**Assigned task**. The entries below contain a line with "result ≤ 2 ^" and a line with "fn place_from(c: &Constraint, from: usize, var: u64)". Quote exactly those two lines and all lines between them.

**Dataset entries**.
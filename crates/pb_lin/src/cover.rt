// Whether one constraint is so strong that another follows from it term by term.
ghost use Rattle.std.specs.Prelude.{◌≡◌, ℕ, ◌+◌, ◌<◌, ◌≤◌, ◌^◌, ◌↔◌, AllPairs, IsTrue, length};
ghost use Rattle.std.specs.List.{slice_index_or};
ghost use Rattle.scut_base.specs.Literal.{Literal};
ghost use Rattle.pb_lin.specs.Constraint.{ConstraintValue, Covers, Implies};
ghost use Rattle.pb_lin.specs.Cover.{coefficient, greatest_excess};
ghost use Rattle.pb_lin.specs.Place.{IsPlace};

use crate::Constraint;
use scut_base::Lit;

impl Constraint {
    /// Whether at every assignment this left side is above the other's by at most what this degree
    /// is above the other's (syntactic implication). Such a constraint implies the other. Costs one
    /// pass over both, whose variables rise.
    pub fn covers(&self, other: &Constraint) -> bool
        ensures { IsTrue result ↔ Covers self.now other.now }
    {
        greatest_excess(self, other) + other.degree() <= self.degree()
    }
}

/// Law: a constraint that covers another implies it.
pub fn covering_implies()
    ensures { (p q : ConstraintValue) → Covers p q → Implies p q }
{}

// The greatest value of the one left side above the other.
fn greatest_excess(left: &Constraint, right: &Constraint) -> u128
    ensures value { result ≡ greatest_excess left.now.terms right.now.terms }
    ensures small { result ≤ 2 ^ 100 }
{
    let mut excess: u128 = 0;
    let mut place = 0;
    for at in 0..left.len() {
        let term = left.term(at);
        place = place_from(right, place, term.0.var());
        excess += term.1.saturating_sub(coefficient_at(right, place, term.0));
    }
    excess
}

// The first place whose variable isn't below the given one, where all before `from` are.
fn place_from(c: &Constraint, from: usize, var: u64) -> usize
    requires within { from ≤ length c.now.terms }
    requires below { (k : ℕ) (d : Literal × ℕ) → k < from
        → (slice_index_or c.now.terms k d).0.var < var }
    ensures { IsPlace (λ t. t.0.var) c.now.terms var result }
{
    let mut place = from;
    while place < c.len() && c.term(place).0.var() < var {
        place += 1;
    }
    place
}

// The coefficient of a literal, or 0, from the first place whose variable isn't below its own.
fn coefficient_at(c: &Constraint, place: usize, literal: Lit) -> u128
    requires { IsPlace (λ t. t.0.var) c.now.terms literal.var place }
    ensures { result ≡ coefficient c.now.terms literal }
{
    if c.len() <= place {
        return 0;
    }
    let term = c.term(place);
    if term.0 == literal { term.1 } else { 0 }
}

**Result for this task**.
    ensures small { result ≤ 2 ^ 100 }
{
    let mut excess: u128 = 0;
    let mut place = 0;
    for at in 0..left.len() {
        let term = left.term(at);
        place = place_from(right, place, term.0.var());
        excess += term.1.saturating_sub(coefficient_at(right, place, term.0));
    }
    excess
}

// The first place whose variable isn't below the given one, where all before `from` are.
fn place_from(c: &Constraint, from: usize, var: u64) -> usize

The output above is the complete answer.